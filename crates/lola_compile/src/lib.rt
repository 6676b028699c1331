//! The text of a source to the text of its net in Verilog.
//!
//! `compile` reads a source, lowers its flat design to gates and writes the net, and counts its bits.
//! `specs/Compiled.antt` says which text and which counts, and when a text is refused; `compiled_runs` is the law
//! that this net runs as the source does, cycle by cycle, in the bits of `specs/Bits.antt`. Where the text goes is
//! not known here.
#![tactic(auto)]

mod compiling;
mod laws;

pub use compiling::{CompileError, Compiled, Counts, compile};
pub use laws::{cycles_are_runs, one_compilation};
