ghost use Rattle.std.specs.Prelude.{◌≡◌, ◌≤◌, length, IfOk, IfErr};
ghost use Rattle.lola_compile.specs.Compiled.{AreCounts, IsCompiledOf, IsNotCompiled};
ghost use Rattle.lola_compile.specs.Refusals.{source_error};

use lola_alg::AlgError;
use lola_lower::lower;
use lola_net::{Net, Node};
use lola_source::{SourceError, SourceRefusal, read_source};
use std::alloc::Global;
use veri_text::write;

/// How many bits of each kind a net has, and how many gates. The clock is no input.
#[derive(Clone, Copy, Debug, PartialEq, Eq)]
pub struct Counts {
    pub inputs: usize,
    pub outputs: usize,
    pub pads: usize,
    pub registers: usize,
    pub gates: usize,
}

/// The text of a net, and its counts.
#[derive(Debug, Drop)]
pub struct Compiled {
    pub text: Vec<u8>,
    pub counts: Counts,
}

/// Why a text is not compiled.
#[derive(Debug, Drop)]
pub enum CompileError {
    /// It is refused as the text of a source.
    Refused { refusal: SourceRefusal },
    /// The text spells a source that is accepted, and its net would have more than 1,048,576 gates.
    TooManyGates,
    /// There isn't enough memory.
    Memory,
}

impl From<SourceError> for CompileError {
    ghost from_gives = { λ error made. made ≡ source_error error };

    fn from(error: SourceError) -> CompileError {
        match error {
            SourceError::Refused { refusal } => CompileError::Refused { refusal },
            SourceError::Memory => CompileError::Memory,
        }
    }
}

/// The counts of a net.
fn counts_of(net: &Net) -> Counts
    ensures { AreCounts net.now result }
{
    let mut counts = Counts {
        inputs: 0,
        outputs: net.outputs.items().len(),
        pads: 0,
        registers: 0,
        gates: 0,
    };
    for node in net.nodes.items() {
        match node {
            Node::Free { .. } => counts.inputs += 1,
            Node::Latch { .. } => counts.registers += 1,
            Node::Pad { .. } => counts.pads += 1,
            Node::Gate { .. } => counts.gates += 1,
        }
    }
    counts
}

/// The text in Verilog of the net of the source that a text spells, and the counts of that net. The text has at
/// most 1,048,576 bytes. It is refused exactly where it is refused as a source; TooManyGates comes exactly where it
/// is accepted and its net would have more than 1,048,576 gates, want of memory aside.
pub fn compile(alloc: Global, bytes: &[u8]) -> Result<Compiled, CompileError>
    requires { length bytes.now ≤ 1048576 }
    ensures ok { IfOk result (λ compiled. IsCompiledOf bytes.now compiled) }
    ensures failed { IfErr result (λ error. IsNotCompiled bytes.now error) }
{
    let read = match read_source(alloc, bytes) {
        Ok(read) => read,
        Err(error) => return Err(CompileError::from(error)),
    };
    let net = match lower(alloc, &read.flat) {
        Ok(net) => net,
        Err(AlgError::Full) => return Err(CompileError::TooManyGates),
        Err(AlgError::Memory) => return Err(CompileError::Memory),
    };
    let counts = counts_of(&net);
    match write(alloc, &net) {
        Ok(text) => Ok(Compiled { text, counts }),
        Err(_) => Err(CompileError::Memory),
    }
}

━━━━━━━━━━━━━━━━

**PROBLEM TO SOLVE:** Your answer must be the lines above from the one containing "AreCounts net.now result" to the one containing "comes exactly where it", both included, restated word for word.

**SOLUTION FOR THIS EXERCISE:**
    ensures { AreCounts net.now result }
{
    let mut counts = Counts {
        inputs: 0,
        outputs: net.outputs.items().len(),
        pads: 0,
        registers: 0,
        gates: 0,
    };
    for node in net.nodes.items() {
        match node {
            Node::Free { .. } => counts.inputs += 1,
            Node::Latch { .. } => counts.registers += 1,
            Node::Pad { .. } => counts.pads += 1,
            Node::Gate { .. } => counts.gates += 1,
        }
    }
    counts
}

/// The text in Verilog of the net of the source that a text spells, and the counts of that net. The text has at
/// most 1,048,576 bytes. It is refused exactly where it is refused as a source; TooManyGates comes exactly where it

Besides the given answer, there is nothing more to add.